━━ EXTRACTED MATERIAL ━━

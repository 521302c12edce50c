// The batch, over any two key-row files.
ghost use Rattle.std.specs.Prelude.{◌≡◌, [], length, Some, IfSome, OnErr, OnOk};
ghost use Rattle.std.specs.HashMap.{IsUnchanged, get};
ghost use Rattle.std.specs.Option.{option_map};
ghost use Rattle.byte_strings.specs.Texts.{text};
ghost use Rattle.storage.specs.Pairs.{placed};
ghost use Rattle.settlement.specs.Delivery.{row_of};

use crate::delivery::{Delivery, KEY_LEN, Key, key_of, region_of};
use crate::files::BothFiles;
use crate::flaw::Flaw;
use crate::report::print_region;
use row_listing::list_rows;
use std::alloc::Global;
use std::collections::HashMap;
use std::collections::hash_map::Entry;
use std::io;
use std::io::BufRead;
use storage::{KeyRow, KeyRowFile};

// The deliveries taken in, and the files with their rows.
#[derive(Drop)]
pub(crate) struct Batch<T: KeyRowFile, C: KeyRowFile> {
    deliveries: HashMap<Key, Delivery>,
    files: BothFiles<T, C>,
}

impl<T: KeyRowFile, C: KeyRowFile> Batch<T, C> {
    pub(crate) fn new(heap: Global, table: T, chain: C) -> Batch<T, C>
        ensures deliveries { result.deliveries.entries ≡ [] }
        ensures table { result.files.table ≡ table }
        ensures chain { result.files.chain ≡ chain }
    {
        Batch {
            deliveries: HashMap::new(heap),
            files: BothFiles { table, chain },
        }
    }

    // Takes in a delivery a line, and says why a line is passed over.
    pub(crate) fn take_in_lines(
        &mut self,
        rt: &(impl AllocGlobal + Print),
        input: impl BufRead + Drop,
    ) -> anyhow::Result<()> {
        let heap = rt.alloc();
        for (i, line) in input.lines(heap).enumerate() {
            if let Err(flaw) = self.take_in(heap, line?.as_str()) {
                println!(rt; "line {}: {flaw}", i + 1)?;
            }
        }
        Ok(())
    }

    // Reads a line and keeps its delivery, with its row in both files, or leaves all as they were.
    fn take_in(&mut self, heap: Global, line: &str) -> Result<(), Flaw>
        ensures ok { OnOk result ((delivery : _)
            × (get ⟦<Key as PartialEq>⟧.eq self.new.deliveries delivery.key ≡ Some delivery)
            × (T.OrderedReading.pairs self.new.files.table ≡ placed (row_of delivery.region delivery.key) [] (T.OrderedReading.pairs self.old.files.table))
            × (C.OrderedReading.pairs self.new.files.chain ≡ placed (row_of delivery.region delivery.key) [] (C.OrderedReading.pairs self.old.files.chain))) }
        ensures table { OnErr result (T.OrderedReading.pairs self.new.files.table ≡ T.OrderedReading.pairs self.old.files.table) }
        ensures chain { OnErr result (C.OrderedReading.pairs self.new.files.chain ≡ C.OrderedReading.pairs self.old.files.chain) }
        ensures deliveries { OnErr result (IsUnchanged self.old.deliveries self.new.deliveries) }
    {
        let delivery = Delivery::read(heap, line)?;
        let Entry::Vacant(place) = self.deliveries.entry(delivery.key)? else {
            return Err(Flaw::GivenTwice);
        };
        self.files.add(&delivery.row())?;
        place.insert(delivery);
        Ok(())
    }

    // The list and the sum of each region by the table's rows, and, in words of its own, whether the chain gives the same.
    pub(crate) fn print(&self, rt: &(impl AllocGlobal + Print)) -> anyhow::Result<()> {
        let heap = rt.alloc();
        let by_table = list_rows(heap, &self.files.table)?;
        let by_chain = list_rows(heap, &self.files.chain)?;
        for rows in by_table.chunk_by(|a, b| region_of(a) == region_of(b)) {
            print_region(rt, self.listed(rt, rows)?.as_slice())?;
        }
        if by_table == by_chain {
            println!(rt; "both key-row files gave the same lists")?;
        } else {
            println!(rt; "THE KEY-ROW FILES DIFFER")?;
        }
        Ok(())
    }

    // The deliveries in the order of their rows.
    fn listed(
        &self,
        rt: &(impl AllocGlobal + Print),
        rows: &[KeyRow],
    ) -> io::Result<Vec<&Delivery>> {
        let mut listed = Vec::new(rt.alloc());
        for row in rows {
            match self.delivery_of(row) {
                Some(delivery) => listed.push(delivery)?,
                None => println!(rt; "A ROW HAS NO DELIVERY")?,
            }
        }
        Ok(listed)
    }

    // The delivery whose row it is.
    fn delivery_of(&self, row: &KeyRow) -> Option<&Delivery>
        ensures its_row { IfSome result (λ delivery. row_of delivery.now.region delivery.now.key ≡ text row.now) }
        ensures found { (delivery : _) → length delivery.key ≡ KEY_LEN → get ⟦<Key as PartialEq>⟧.eq self.now.deliveries delivery.key ≡ Some delivery → text row.now ≡ row_of delivery.region delivery.key → option_map (λ d. d.now) result ≡ Some delivery }
    {
        self.deliveries
            .get(&key_of(row)?)
            .filter(|delivery| delivery.row() == *row)
    }
}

━━━

(WHAT THE TASK REQUIRES): Write out the records shown above, exactly as they appear.

(TASK ANSWER):
repository 521302c12edce50c
// The batch, over any two key-row files.
ghost use Rattle.std.specs.Prelude.{◌≡◌, [], length, Some, IfSome, OnErr, OnOk};
ghost use Rattle.std.specs.HashMap.{IsUnchanged, get};
ghost use Rattle.std.specs.Option.{option_map};
ghost use Rattle.byte_strings.specs.Texts.{text};
ghost use Rattle.storage.specs.Pairs.{placed};
ghost use Rattle.settlement.specs.Delivery.{row_of};

use crate::delivery::{Delivery, KEY_LEN, Key, key_of, region_of};
use crate::files::BothFiles;
use crate::flaw::Flaw;
use crate::report::print_region;
use row_listing::list_rows;
use std::alloc::Global;
use std::collections::HashMap;
use std::collections::hash_map::Entry;
use std::io;
use std::io::BufRead;
use storage::{KeyRow, KeyRowFile};

// The deliveries taken in, and the files with their rows.
#[derive(Drop)]
pub(crate) struct Batch<T: KeyRowFile, C: KeyRowFile> {
    deliveries: HashMap<Key, Delivery>,
    files: BothFiles<T, C>,
}

impl<T: KeyRowFile, C: KeyRowFile> Batch<T, C> {
    pub(crate) fn new(heap: Global, table: T, chain: C) -> Batch<T, C>
        ensures deliveries { result.deliveries.entries ≡ [] }
        ensures table { result.files.table ≡ table }
        ensures chain { result.files.chain ≡ chain }
    {
        Batch {
            deliveries: HashMap::new(heap),
            files: BothFiles { table, chain },
        }
    }

    // Takes in a delivery a line, and says why a line is passed over.
    pub(crate) fn take_in_lines(
        &mut self,
        rt: &(impl AllocGlobal + Print),
        input: impl BufRead + Drop,
    ) -> anyhow::Result<()> {
        let heap = rt.alloc();
        for (i, line) in input.lines(heap).enumerate() {
            if let Err(flaw) = self.take_in(heap, line?.as_str()) {
                println!(rt; "line {}: {flaw}", i + 1)?;
            }
        }
        Ok(())
    }

    // Reads a line and keeps its delivery, with its row in both files, or leaves all as they were.
    fn take_in(&mut self, heap: Global, line: &str) -> Result<(), Flaw>
        ensures ok { OnOk result ((delivery : _)
            × (get ⟦<Key as PartialEq>⟧.eq self.new.deliveries delivery.key ≡ Some delivery)
            × (T.OrderedReading.pairs self.new.files.table ≡ placed (row_of delivery.region delivery.key) [] (T.OrderedReading.pairs self.old.files.table))
            × (C.OrderedReading.pairs self.new.files.chain ≡ placed (row_of delivery.region delivery.key) [] (C.OrderedReading.pairs self.old.files.chain))) }
        ensures table { OnErr result (T.OrderedReading.pairs self.new.files.table ≡ T.OrderedReading.pairs self.old.files.table) }
        ensures chain { OnErr result (C.OrderedReading.pairs self.new.files.chain ≡ C.OrderedReading.pairs self.old.files.chain) }
        ensures deliveries { OnErr result (IsUnchanged self.old.deliveries self.new.deliveries) }
    {
        let delivery = Delivery::read(heap, line)?;
        let Entry::Vacant(place) = self.deliveries.entry(delivery.key)? else {
            return Err(Flaw::GivenTwice);
        };
        self.files.add(&delivery.row())?;
        place.insert(delivery);
        Ok(())
    }

    // The list and the sum of each region by the table's rows, and, in words of its own, whether the chain gives the same.
    pub(crate) fn print(&self, rt: &(impl AllocGlobal + Print)) -> anyhow::Result<()> {
        let heap = rt.alloc();
        let by_table = list_rows(heap, &self.files.table)?;
        let by_chain = list_rows(heap, &self.files.chain)?;
        for rows in by_table.chunk_by(|a, b| region_of(a) == region_of(b)) {
            print_region(rt, self.listed(rt, rows)?.as_slice())?;
        }
        if by_table == by_chain {
            println!(rt; "both key-row files gave the same lists")?;
        } else {
            println!(rt; "THE KEY-ROW FILES DIFFER")?;
        }
        Ok(())
    }

    // The deliveries in the order of their rows.
    fn listed(
        &self,
        rt: &(impl AllocGlobal + Print),
        rows: &[KeyRow],
    ) -> io::Result<Vec<&Delivery>> {
        let mut listed = Vec::new(rt.alloc());
        for row in rows {
            match self.delivery_of(row) {
                Some(delivery) => listed.push(delivery)?,
                None => println!(rt; "A ROW HAS NO DELIVERY")?,
            }
        }
        Ok(listed)
    }

    // The delivery whose row it is.
    fn delivery_of(&self, row: &KeyRow) -> Option<&Delivery>
        ensures its_row { IfSome result (λ delivery. row_of delivery.now.region delivery.now.key ≡ text row.now) }
        ensures found { (delivery : _) → length delivery.key ≡ KEY_LEN → get ⟦<Key as PartialEq>⟧.eq self.now.deliveries delivery.key ≡ Some delivery → text row.now ≡ row_of delivery.region delivery.key → option_map (λ d. d.now) result ≡ Some delivery }
    {
        self.deliveries
            .get(&key_of(row)?)
            .filter(|delivery| delivery.row() == *row)
    }
}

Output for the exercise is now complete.